- RECORDS PROVIDED
// To the end of the book. What is asked of tables and report holds at one moment; neither could hold it by itself. The state comes by value
// beside tables that are only read.
ghost use Rattle.std.specs.Prelude.{◌≡◌, ℕ, ◌++◌, length};
ghost use Rattle.trading.specs.Desks.{desk_of, book_of};
ghost use Rattle.trading.specs.Moves.{Ready};
ghost use Rattle.trading.specs.Sweeps.{moved};
ghost use Rattle.trading.specs.Uncrossings.{pairs, all_lapses, emptied, printed_at};
ghost use Rattle.lent.specs.Contents.{laid, page, Wrote, ReportKept};
ghost use Rattle.lent.specs.Moves.{Comes};
ghost use Rattle.uncrossing.specs.Fits.{AllFit, RestFits, StopsFit};
ghost use Rattle.uncrossing.specs.Fronts.{InFront};
ghost use Rattle.uncrossing.specs.Prints.{book_from};

use crate::lapsing::write_lapses;
use crate::pairing::Met;
use crate::printing::print_price;
use lent::{Desk, Report, Tables};
use rules::Order;
use trading::{Phase, State, StopOrder};

// Writes a lapse line for all that is left of the queues, and for the stops.
fn lapse_rest(met: Met, state: State, tables: &Tables<'_>, report: &mut Report<'_>)
    requires orders { RestFits met (laid state tables.now) (page report.old) }
    requires stops { StopsFit met (laid state tables.now) (page report.old) }
    ensures wrote { Wrote (all_lapses (book_from met (laid state tables.now))) (page report.old) (page report.new) }
    ensures kept { ReportKept report.old report.new }
{
    write_lapses(&tables.buys[met.buys..state.buys], report);
    write_lapses(&tables.sells[met.sells..state.sells], report);
    write_lapses(&tables.stops[..state.stops], report);
}

// All that is left of the queues lapses, and the stops. Answers the state of the ended book.
fn close_rest(met: Met, state: State, tables: &Tables<'_>, report: &mut Report<'_>) -> State
    requires orders { RestFits met (laid state tables.now) (page report.old) }
    requires stops { StopsFit met (laid state tables.now) (page report.old) }
    ensures came { let d = laid state tables.now in
        ((n : ℕ) → Comes n (moved (emptied (book_from met d)) (all_lapses (book_from met d))) d (page report.old) (laid result tables.now) (page report.new)) }
    ensures kept { ReportKept report.old report.new }
{
    lapse_rest(met, state, tables, report);
    State {
        phase: Phase::Ended,
        buys: 0,
        sells: 0,
        stops: 0,
        static_price: state.static_price,
        last: state.last,
    }
}

// Without a price: everything lapses. Answers the state of the ended book.
pub fn close_unprinted(state: State, tables: &Tables<'_>, report: &mut Report<'_>) -> State
    requires { AllFit (laid state tables.now) (page report.old) }
    ensures came { let d = laid state tables.now in
        ((n : ℕ) → Comes n (moved (emptied (book_of d)) (all_lapses (book_of d))) d (page report.old) (laid result tables.now) (page report.new)) }
    ensures kept { ReportKept report.old report.new }
{
    close_rest(Met::default(), state, tables, report)
}

// The price is printed; then everything lapses, and the book is ended. The stops are only read, so that no desk is lent; with that, and what
// follows the price, this is no twin of the way into continuous trading.
pub fn print_and_close(
    price: u32,
    state: &mut State,
    buys: &mut [Order],
    sells: &mut [Order],
    stops: &[StopOrder],
    report: &mut Report<'_>,
)
    requires fit { AllFit (desk_of state.old buys.old sells.old stops.now) (page report.old) }
    requires fronts { let b = book_of (desk_of state.old buys.old sells.old stops.now) in InFront price b.buys b.sells }
    ensures came { let d = desk_of state.old buys.old sells.old stops.now in
        let b = book_of d in
        ((n : ℕ) → Ready n d (length report.old.lines.now) report.old.written 0 → Comes n (moved (emptied (printed_at price b)) ((pairs price b.buys b.sells).trades ++ all_lapses (printed_at price b))) d (page report.old) (desk_of state.new buys.new sells.new stops.now) (page report.new)) }
    ensures kept { ReportKept report.old report.new }
{
    let mut desk = Desk {
        state: &mut *state,
        buys: &mut *buys,
        sells: &mut *sells,
        stops: &mut [],
    };
    let met = print_price(price, &mut desk, report);
    *state = close_rest(met, *state, &Tables { buys, sells, stops }, report);
}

- EXERCISE DETAILS
Would you copy the whole listing exactly?

- EXPECTED ANSWER
// To the end of the book. What is asked of tables and report holds at one moment; neither could hold it by itself. The state comes by value
// beside tables that are only read.
ghost use Rattle.std.specs.Prelude.{◌≡◌, ℕ, ◌++◌, length};
ghost use Rattle.trading.specs.Desks.{desk_of, book_of};
ghost use Rattle.trading.specs.Moves.{Ready};
ghost use Rattle.trading.specs.Sweeps.{moved};
ghost use Rattle.trading.specs.Uncrossings.{pairs, all_lapses, emptied, printed_at};
ghost use Rattle.lent.specs.Contents.{laid, page, Wrote, ReportKept};
ghost use Rattle.lent.specs.Moves.{Comes};
ghost use Rattle.uncrossing.specs.Fits.{AllFit, RestFits, StopsFit};
ghost use Rattle.uncrossing.specs.Fronts.{InFront};
ghost use Rattle.uncrossing.specs.Prints.{book_from};

use crate::lapsing::write_lapses;
use crate::pairing::Met;
use crate::printing::print_price;
use lent::{Desk, Report, Tables};
use rules::Order;
use trading::{Phase, State, StopOrder};

// Writes a lapse line for all that is left of the queues, and for the stops.
fn lapse_rest(met: Met, state: State, tables: &Tables<'_>, report: &mut Report<'_>)
    requires orders { RestFits met (laid state tables.now) (page report.old) }
    requires stops { StopsFit met (laid state tables.now) (page report.old) }
    ensures wrote { Wrote (all_lapses (book_from met (laid state tables.now))) (page report.old) (page report.new) }
    ensures kept { ReportKept report.old report.new }
{
    write_lapses(&tables.buys[met.buys..state.buys], report);
    write_lapses(&tables.sells[met.sells..state.sells], report);
    write_lapses(&tables.stops[..state.stops], report);
}

// All that is left of the queues lapses, and the stops. Answers the state of the ended book.
fn close_rest(met: Met, state: State, tables: &Tables<'_>, report: &mut Report<'_>) -> State
    requires orders { RestFits met (laid state tables.now) (page report.old) }
    requires stops { StopsFit met (laid state tables.now) (page report.old) }
    ensures came { let d = laid state tables.now in
        ((n : ℕ) → Comes n (moved (emptied (book_from met d)) (all_lapses (book_from met d))) d (page report.old) (laid result tables.now) (page report.new)) }
    ensures kept { ReportKept report.old report.new }
{
    lapse_rest(met, state, tables, report);
    State {
        phase: Phase::Ended,
        buys: 0,
        sells: 0,
        stops: 0,
        static_price: state.static_price,
        last: state.last,
    }
}

// Without a price: everything lapses. Answers the state of the ended book.
pub fn close_unprinted(state: State, tables: &Tables<'_>, report: &mut Report<'_>) -> State
    requires { AllFit (laid state tables.now) (page report.old) }
    ensures came { let d = laid state tables.now in
        ((n : ℕ) → Comes n (moved (emptied (book_of d)) (all_lapses (book_of d))) d (page report.old) (laid result tables.now) (page report.new)) }
    ensures kept { ReportKept report.old report.new }
{
    close_rest(Met::default(), state, tables, report)
}

// The price is printed; then everything lapses, and the book is ended. The stops are only read, so that no desk is lent; with that, and what
// follows the price, this is no twin of the way into continuous trading.
pub fn print_and_close(
    price: u32,
    state: &mut State,
    buys: &mut [Order],
    sells: &mut [Order],
    stops: &[StopOrder],
    report: &mut Report<'_>,
)
    requires fit { AllFit (desk_of state.old buys.old sells.old stops.now) (page report.old) }
    requires fronts { let b = book_of (desk_of state.old buys.old sells.old stops.now) in InFront price b.buys b.sells }
    ensures came { let d = desk_of state.old buys.old sells.old stops.now in
        let b = book_of d in
        ((n : ℕ) → Ready n d (length report.old.lines.now) report.old.written 0 → Comes n (moved (emptied (printed_at price b)) ((pairs price b.buys b.sells).trades ++ all_lapses (printed_at price b))) d (page report.old) (desk_of state.new buys.new sells.new stops.now) (page report.new)) }
    ensures kept { ReportKept report.old report.new }
{
    let mut desk = Desk {
        state: &mut *state,
        buys: &mut *buys,
        sells: &mut *sells,
        stops: &mut [],
    };
    let met = print_price(price, &mut desk, report);
    *state = close_rest(met, *state, &Tables { buys, sells, stops }, report);
}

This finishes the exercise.